(Items from a dataset)

impl<T: AsStr + Drop, A: Allocator> Table<T, A> {
    /// Draws a line above a row, counted from 0. A glyph that the line lacks stays unchanged. So
    /// does the frame: above row 0 and below the last row nothing changes.
    ///
    /// Allocates for its places, one for each column and each column line. If memory is refused,
    /// nothing changes. A line that changes nothing allocates nothing.
    ///
    /// ```text
    /// table.set_row_line(2, HorizontalLine::sharp())?; // ├──┼──┤
    /// ```
    pub fn set_row_line(&mut self, row: usize, line: HorizontalLine<char>) -> Result<(), AllocError>
    where
        A: Clone,
        ensures ok { OnOk result (self.new ≡ ruled row line self.old) }
        ensures err { OnErr result (self.new ≡ self.old) }
        ensures frame { (row ≡ 0) ⊎ (length self.old.rows ≤ row) → IsOk result }
        ensures nothing { has_glyph (columns_of self.old.rows) line ≡ false → IsOk result }
        ensures narrow { IsNarrowLook self.old.config → is_of_line_glyphs line ≡ true → IsNarrowLook self.new.config }
    {
        let (rows, columns) = self.size();
        if row == 0 || rows <= row {
            return Ok(());
        }
        self.config.set_row_line(row, columns, line)
    }

    /// The table with a line above a row ([`Table::set_row_line`]). After an error the table is
    /// dropped.
    pub fn with_row_line(
        mut self,
        row: usize,
        line: HorizontalLine<char>,
    ) -> Result<Table<T, A>, TableFault>
    where
        A: Clone,
        ensures ok { IfOk result (λ table. table ≡ ruled row line self) }
        ensures frame { (row ≡ 0) ⊎ (length self.rows ≤ row) → IsOk result }
        ensures nothing { has_glyph (columns_of self.rows) line ≡ false → IsOk result }
        ensures narrow { IsNarrowLook self.config → is_of_line_glyphs line ≡ true → IfOk result (λ table. IsNarrowLook table.config) }
        ensures memory { (fault : TableFault) → result ≡ Err fault → fault ≡ TableFault.Memory }
    {
        match self.set_row_line(row, line) {
            Ok(()) => Ok(self),
            Err(error) => Err(error.into()),
        }
    }

    /// Draws a line above the last row, such as a row of sums ([`Table::set_row_line`]). A table of
    /// fewer than two rows has no such line.
    pub fn set_foot_line(&mut self, line: HorizontalLine<char>) -> Result<(), AllocError>
    where
        A: Clone,
        ensures ok { OnOk result (self.new ≡ footed line self.old) }
        ensures err { OnErr result (self.new ≡ self.old) }
        ensures few { length self.old.rows < 2 → IsOk result }
        ensures nothing { has_glyph (columns_of self.old.rows) line ≡ false → IsOk result }
        ensures narrow { IsNarrowLook self.old.config → is_of_line_glyphs line ≡ true → IsNarrowLook self.new.config }
    {
        let last = self.count_rows().saturating_sub(1);
        self.set_row_line(last, line)
    }

    /// The table with a line above the last row ([`Table::set_foot_line`]). After an error the
    /// table is dropped.
    ///
    /// ```text
    /// let table = table.with_foot_line(HorizontalLine::sharp())?;
    /// ```
    pub fn with_foot_line(mut self, line: HorizontalLine<char>) -> Result<Table<T, A>, TableFault>
    where
        A: Clone,
        ensures ok { IfOk result (λ table. table ≡ footed line self) }
        ensures few { length self.rows < 2 → IsOk result }
        ensures nothing { has_glyph (columns_of self.rows) line ≡ false → IsOk result }
        ensures narrow { IsNarrowLook self.config → is_of_line_glyphs line ≡ true → IfOk result (λ table. IsNarrowLook table.config) }
        ensures memory { (fault : TableFault) → result ≡ Err fault → fault ≡ TableFault.Memory }
    {
        match self.set_foot_line(line) {
            Ok(()) => Ok(self),
            Err(error) => Err(error.into()),
        }
    }
}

▸ **Try it**
Lines containing the word "changes": copy every one of them from the records above.

▸ **Answer to this exercise**
    /// does the frame: above row 0 and below the last row nothing changes.
    /// nothing changes. A line that changes nothing allocates nothing.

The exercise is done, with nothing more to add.